Oscar_Cunningham Mar 5, 2022, 2:39 AM
2 points
0

Note that Eliezer believes the opposite: https://www.lesswrong.com/posts/GYuKqAL95eaWTDje5/worse-than-random.
- dxu Mar 5, 2022, 3:08 AM
  5 points
  0
  Parent
  
  From near the end of the post you linked:
  As a general principle, on any problem for which you know that a particular unrandomized algorithm is unusually stupid—so that a randomized algorithm seems wiser—you should be able to use the same knowledge to produce a superior derandomized algorithm. If nothing else seems obvious, just avoid outputs that look “unrandomized”! If you know something is stupid, deliberately avoid it! (There are exceptions to this rule, but they have to do with defeating cryptographic adversaries—that is, preventing someone else’s intelligence from working on you. Certainly entropy can act as an antidote to intelligence!)
  In the case of Robert’s problem, since ROB is specified to have access to your algorithm, it effectively “moves second”, which does indeed place it in a position to “use its intelligence on you”. So it should be unsurprising that a mixed strategy can beat out a pure strategy. Indeed, this is why mixed strategies are sometimes optimal in game-theoretic situations: when adversaries are involved, being unpredictable has its advantages.
  Of course, this does presume that you have access to a source of randomness that even ROB cannot predict. If you do not have access to such a source, then you are in fact screwed. But then the problem becomes inherently unfair, and thus of less interest.
  (From a certain perspective, even this is compatible with Eliezer’s main message: for an adversary to be looking over your shoulder, “moving second” relative to you, and anti-optimizing your objective function, is indeed a special case of things being “worse than random”. The problem is that producing a “superior derandomized algorithm” in such a case requires inverting the “move order” of yourself and your adversary, which is not possible in many scenarios.)

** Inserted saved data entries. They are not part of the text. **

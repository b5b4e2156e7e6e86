// The report of each variant of an error.
use naga_oil::compose::{
    Composer, ComposerError, ComposerErrorInner as Inner, ErrSource, ParseFault, ValidFault,
    WriteFault,
};
use naga_oil::redirect::RedirectError;
use naga_oil_ir::Span;
use naga_oil_mini_front::Mini;
use std::alloc::{AllocError, Global};
use std::process::Abort;
use std::test::Fail;

const TEXT: &str = "one\ntwo\r\n\u{e9}three\n";

fn text(alloc: Global, text: &str) -> Result<String, AllocError> {
    String::from_str(alloc, text)
}

// The report of an error in the text.
fn told(alloc: Global, inner: Inner) -> Result<String, AllocError> {
    let (path, source) = (text(alloc, "a.txt")?, text(alloc, TEXT)?);
    let source = ErrSource::Constructing {
        path,
        source,
        offset: 5,
    };
    let error = ComposerError { inner, source };
    error.emit_to_string(&Composer::new(alloc, Mini))
}

fn tells(rt: &(impl Abort + AllocGlobal), inner: Inner, want: &str) -> Result<(), AllocError> {
    let told = told(rt.alloc(), inner)?;
    assert_eq!(rt; told.as_str(), want);
    Ok(())
}

#[test]
fn tells_what_imports_are_wrong(rt: HostRuntime) -> Result<(), Fail> {
    let alloc = rt.alloc();
    tells(
        &rt,
        Inner::ImportParseError(text(alloc, "missing close brace")?, 0),
        "error: missing close brace\n  at a.txt:1:1\n  note: invalid import spec: 'missing close brace'\n",
    )?;
    tells(
        &rt,
        Inner::ImportNotFound(text(alloc, "a::b")?, 3),
        "error: required import 'a::b' not found\n  at a.txt:1:4\n  note: missing import 'a::b'\n",
    )?;
    Ok(())
}

#[test]
fn tells_what_conditions_are_wrong(rt: HostRuntime) -> Result<(), Fail> {
    tells(
        &rt,
        Inner::NotEnoughEndIfs(99),
        "error: Not enough '# endif' lines. Each if statement should be followed by an endif statement.\n  at a.txt:4:1\n",
    )?;
    tells(
        &rt,
        Inner::TooManyEndIfs(4),
        "error: Too many '# endif' lines. Each endif should be preceded by an if statement.\n  at a.txt:2:1\n",
    )?;
    tells(
        &rt,
        Inner::ElseWithoutCondition(8),
        "error: '#else' without preceding condition.\n  at a.txt:2:5\n",
    )?;
    tells(
        &rt,
        Inner::GlslInvalidVersion(4),
        "error: naga oil only supports glsl 440 and 450\n  at a.txt:2:1\n",
    )?;
    Ok(())
}

#[test]
fn tells_what_values_are_wrong(rt: HostRuntime) -> Result<(), Fail> {
    let alloc = rt.alloc();
    tells(
        &rt,
        Inner::UnknownShaderDefOperator {
            pos: 9,
            operator: text(alloc, "!!")?,
        },
        "error: Unknown shader def operator: '!!'\n  at a.txt:3:1\n",
    )?;
    tells(
        &rt,
        Inner::UnknownShaderDef {
            pos: 12,
            shader_def_name: text(alloc, "FO")?,
        },
        "error: Unknown shader def: 'FO'\n  at a.txt:3:4\n",
    )?;
    tells(
        &rt,
        Inner::InvalidShaderDefComparisonValue {
            pos: 0,
            shader_def_name: text(alloc, "T")?,
            expected: text(alloc, "int")?,
            value: text(alloc, "true")?,
        },
        "error: Invalid shader def comparison for 'T': expected int, got true\n  at a.txt:1:1\n",
    )?;
    tells(
        &rt,
        Inner::InconsistentShaderDefValue {
            def: text(alloc, "K")?,
        },
        "error: multiple inconsistent shader def values: 'K'\n  in a.txt\n",
    )?;
    Ok(())
}

#[test]
fn tells_what_lines_are_wrong(rt: HostRuntime) -> Result<(), Fail> {
    let alloc = rt.alloc();
    tells(
        &rt,
        Inner::InvalidShaderDefDefinitionValue {
            name: text(alloc, "A")?,
            value: text(alloc, "x1")?,
            pos: 4,
        },
        "error: Invalid value for `#define`d shader def A: x1\n  at a.txt:2:1\n",
    )?;
    tells(
        &rt,
        Inner::DefineInModule(4),
        "error: #define statements are only allowed at the start of the top-level shaders\n  at a.txt:2:1\n",
    )?;
    tells(
        &rt,
        Inner::InvalidWgslDirective {
            directive: text(alloc, "enable  ;")?,
            position: 18446744073709551615,
            reason: text(alloc, "No extensions specified")?,
        },
        "error: Invalid WGSL directive 'enable  ;' at line 18446744073709551615: No extensions specified\n  at a.txt:18446744073709551616:1\n",
    )?;
    tells(
        &rt,
        Inner::DecorationInSource(4..20),
        "error: source contains internal decoration string, results probably won't be what you expect. if you have a legitimate reason to do this please file a report\n  at a.txt:2:1\n",
    )?;
    Ok(())
}

// Two places of a front end's error, of which one has a text.
fn spans(alloc: Global) -> Result<Vec<(Span, String)>, AllocError> {
    let called = text(alloc, "call of gX_naga_oil_mod_XNUX")?;
    let mut spans = Vec::new(alloc);
    spans.push((Span::new(2097152 + 14, 2097152 + 15), called))?;
    spans.push((Span::UNDEFINED, String::new(alloc)))?;
    Ok(spans)
}

fn notes(alloc: Global) -> Result<Vec<String>, AllocError> {
    let mut notes = Vec::new(alloc);
    notes.push(text(alloc, "more")?)?;
    Ok(notes)
}

fn parse_fault(alloc: Global) -> Result<ParseFault, AllocError> {
    Ok(ParseFault {
        message: text(alloc, "line not understood")?,
        spans: spans(alloc)?,
        notes: notes(alloc)?,
    })
}

fn valid_fault(alloc: Global) -> Result<ValidFault, AllocError> {
    Ok(ValidFault {
        message: text(alloc, "wrong number of arguments")?,
        spans: spans(alloc)?,
        notes: notes(alloc)?,
    })
}

fn write_fault(alloc: Global) -> Result<WriteFault, AllocError> {
    Ok(WriteFault {
        message: text(alloc, "not in Mini")?,
        spans: spans(alloc)?,
        notes: notes(alloc)?,
    })
}

#[test]
fn tells_what_is_not_read_or_written(rt: HostRuntime) -> Result<(), Fail> {
    let alloc = rt.alloc();
    let unread =
        "error: line not understood\n  at a.txt:3:1: call of m::g\n  at a.txt:1:1\n  note: more\n";
    tells(&rt, Inner::WgslParseError(parse_fault(alloc)?), unread)?;
    tells(&rt, Inner::GlslParseError(parse_fault(alloc)?), unread)?;
    tells(
        &rt,
        Inner::WgslBackError(write_fault(alloc)?),
        "error: naga_oil bug, please file a report: failed to convert imported module IR back into WGSL for use with WGSL shaders: not in Mini\n  in a.txt\n",
    )?;
    tells(
        &rt,
        Inner::GlslBackError(write_fault(alloc)?),
        "error: naga_oil bug, please file a report: failed to convert imported module IR back into GLSL for use with GLSL shaders: not in Mini\n  in a.txt\n",
    )?;
    Ok(())
}

#[test]
fn tells_what_is_not_valid(rt: HostRuntime) -> Result<(), Fail> {
    let alloc = rt.alloc();
    tells(
        &rt,
        Inner::HeaderValidationError(valid_fault(alloc)?),
        "error: naga_oil bug, please file a report: composer failed to build a valid header: wrong number of arguments\n  at a.txt:3:1: call of m::g\n  at a.txt:1:1\n  note: more\n",
    )?;
    tells(
        &rt,
        Inner::ShaderValidationError(valid_fault(alloc)?),
        "error: failed to build a valid final module: wrong number of arguments\n  at a.txt:3:1: call of m::g\n  at a.txt:1:1\n  note: more\n",
    )?;
    tells(
        &rt,
        Inner::ShaderValidationError(ValidFault {
            message: text(alloc, "nowhere")?,
            spans: Vec::new(alloc),
            notes: Vec::new(alloc),
        }),
        "error: failed to build a valid final module: nowhere\n  in a.txt\n",
    )?;
    Ok(())
}

#[test]
fn tells_what_overrides_are_wrong(rt: HostRuntime) -> Result<(), Fail> {
    let alloc = rt.alloc();
    tells(
        &rt,
        Inner::OverrideNotVirtual {
            name: text(alloc, "f")?,
            pos: 8,
        },
        "error: override is invalid as `f` is not virtual (this error can be disabled with feature 'override_any')\n  at a.txt:2:5\n",
    )?;
    tells(
        &rt,
        Inner::InvalidIdentifier {
            original: text(alloc, "f")?,
            at: Span::new(9, 10),
        },
        "error: Composable module identifiers must not require substitution according to naga writeback rules: `f`\n  at a.txt:2:1: Composable module identifiers must not require substitution according to naga writeback rules: `f`\n",
    )?;
    Ok(())
}

// The report of a redirection, at the text's start and with a note.
fn tells_redirection(
    rt: &(impl Abort + AllocGlobal),
    error: RedirectError,
    message: &str,
) -> Result<(), AllocError> {
    let want = format!(in rt.alloc();
        "error: invalid override :{message}\n  at a.txt:1:1\n  note: override error\n"
    )?;
    tells(rt, Inner::RedirectError(error), want.as_str())
}

#[test]
fn tells_what_redirections_are_wrong(rt: HostRuntime) -> Result<(), Fail> {
    let alloc = rt.alloc();
    tells_redirection(
        &rt,
        RedirectError::CircularReference(text(
            alloc,
            "hX_naga_oil_mod_XMIX, fX_naga_oil_vrt_XMEXX_naga_oil_mod_XMIX",
        )?),
        "circular reference; can't find an order for : b::h, b::foverride fn a::",
    )?;
    tells_redirection(
        &rt,
        RedirectError::FunctionNotFound(text(alloc, "nopeX_naga_oil_mod_XMEX")?),
        "can't find function a::nope for redirection",
    )?;
    tells_redirection(
        &rt,
        RedirectError::ArgumentMismatch(text(alloc, "r")?, text(alloc, "f")?),
        "r cannot override f due to argument mismatch",
    )?;
    tells_redirection(
        &rt,
        RedirectError::ReturnTypeMismatch(text(alloc, "r")?, text(alloc, "f")?),
        "r cannot override f due to return type mismatch",
    )?;
    tells_redirection(&rt, RedirectError::Memory, "out of memory")?;
    Ok(())
}

#[test]
fn tells_what_has_no_place(rt: HostRuntime) -> Result<(), Fail> {
    for (inner, want) in [
        (
            Inner::NoModuleName,
            "error: Attempted to add a module with no #define_import_path\n  in a.txt\n",
        ),
        (Inner::Memory, "error: out of memory\n  in a.txt\n"),
        (
            Inner::TooManyModules,
            "error: too many modules\n  in a.txt\n",
        ),
        (
            Inner::BindingsExhausted,
            "error: no binding left\n  in a.txt\n",
        ),
        (
            Inner::TextTooLarge,
            "error: shader text too large\n  in a.txt\n",
        ),
        (
            Inner::WrongForm,
            "error: front end gave a module of wrong form\n  in a.txt\n",
        ),
    ] {
        tells(&rt, inner, want)?;
    }
    Ok(())
}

  - Oscar_Cunningham Mar 5, 2022, 3:24 AM
    2 points
    0
    Parent
    
    The original problem doesn’t say that ROB has access to your algorithm, or that ROB wants you to lose.
    - Tapatakt Mar 5, 2022, 5:02 PM
      1 point
      0
      Parent
      
      In such problems, it is usually assumed that your solution have to work (in this case work = better than 50% accuracy) always, even in the worst case, when all unknowns are against you.
      - Oscar_Cunningham Mar 5, 2022, 5:18 PM
        6 points
        0
        Parent
        
        https://www.lesswrong.com/posts/AAqTP6Q5aeWnoAYr4/?commentId=WJ5hegYjp98C4hcRt
        
        I don’t dispute what you say. I just suggest that the confusing term “in the worst case” be replaced by the more accurate phrase “supposing that the environment is an adversarial superintelligence who can perfectly read all of your mind except bits designated ‘random’”.
Olomana Mar 5, 2022, 7:26 AM
1 point
0

The problem statement says “arbitrary real numbers”, so the domain of your function P is -infinity to +infinity. P represents a probability distribution, so the area under the curve is equal to 1. P is strictly increasing, so… I’m having trouble visualizing a function that meets all these conditions.
You say “any” such function… perhaps you could give just one example.
- Oscar_Cunningham Mar 5, 2022, 9:34 AM
  2 points
  0
  Parent
  
  In this case P is the cumulative distribution function, so it has to approach 1 at infinity, rather than the area under the curve being 1. An example would be 1/(1+exp(-x)).
  - Robert Kennedy Mar 6, 2022, 9:02 PM
    3 points
    0
    Parent
    
    Actually, for any given P which works, P’(x)=P(x)/10 is also a valid algorithm.